# What my hubby built for me



## Genevieve (Sep 21, 2009)

The last few days hubby has been off work ( tiny vacation lol) and 2 weeks ago he came across some metal ducts that were being thrown out since they were replaced apparently ( according to the fellows doing the work). They didn't want to have to bother with the ones they were throwing away so hubby was nice enough to do it for them lol
He built me some very large "raised beds" out of them along with some skids to sit them on. We can move them with the bobcat if we want.
There should be another one on the end but hubby had taken it down to the meadow where we have some top soil we dug up so he could fill it.

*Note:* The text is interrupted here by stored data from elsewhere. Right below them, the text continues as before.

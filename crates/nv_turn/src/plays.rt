// What each step on the table tells, and how views are cut and joined.
ghost use Rattle.nv_turn.specs.inside.Steps.{TakesTurn, LooksAtStory, MergesNotes, AddsEntry, GivesBack, DrawsNumber, undue_view, newcomer_view, joined_view, spent_view};

use crate::story::Story;
use crate::view::View;
use atomic_table::{Join, Play, Split};
use std::marker::PhantomData;

/// Word 0 from 0 to 1, and the slot out.
pub struct Take<T> {
    of: PhantomData<T>,
}

impl<T: Story> Play<Option<T>, View<T::Entry, T::Start>> for Take<T> {
    ghost then = { TakesTurn T.caller T.stands T.start };
}

/// A load of word 1.
pub struct Look<T> {
    of: PhantomData<T>,
}

impl<T: Story> Play<Option<T>, View<T::Entry, T::Start>> for Look<T> {
    ghost then = { LooksAtStory T.caller T.stands T.start };
}

/// A load of word 0, after a join.
pub struct Merge<T> {
    of: PhantomData<T>,
}

impl<T: Story> Play<Option<T>, View<T::Entry, T::Start>> for Merge<T> {
    ghost then = { MergesNotes T.caller T.stands T.start };
}

/// Word 1 plus 1, with the value in hand.
pub struct Publish<T> {
    of: PhantomData<T>,
}

impl<T: Story> Play<Option<T>, View<T::Entry, T::Start>> for Publish<T> {
    ghost then = { AddsEntry T.caller T.stands T.start };
}

/// Word 0 to 0, and the slot in.
pub struct Give;

impl<T, E, D> Play<Option<T>, View<E, D>> for Give {
    ghost then = { GivesBack };
}

/// Word 2 plus 1.
pub struct Draw;

impl<T, E, D> Play<Option<T>, View<E, D>> for Draw {
    ghost then = { DrawsNumber };
}

/// One more pass, which takes over the right to draw.
pub struct Another;

impl<E, D> Split<View<E, D>> for Another {
    ghost left = { undue_view };

    ghost right = { newcomer_view };
}

/// Two passes into one.
pub struct Both;

impl<E, D> Join<View<E, D>> for Both {
    ghost both = { joined_view };

    ghost spent = { spent_view };
}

I plan on using these ( they're 4ftx4ft) for all kind of veggies and I want to plant raspberries in one of them









He also found some round metal ducts and he did the same for them. I plan on planting blueberries in the round ones










These are the small round metal "barrels" he found in a dumpster. It turns out they're old shop vacs that someone threw out ( wth?) Hubby gutted them for scrap and I plan on using them for individual plants maybe like peppers or tomatoes 









Between using the topsoil for filling most of the containers(2/3) and then adding some garden soil I got for only $2 a bag at walmart on sale to finish off topping them off for planting I'm hoping to have a good harvest this year.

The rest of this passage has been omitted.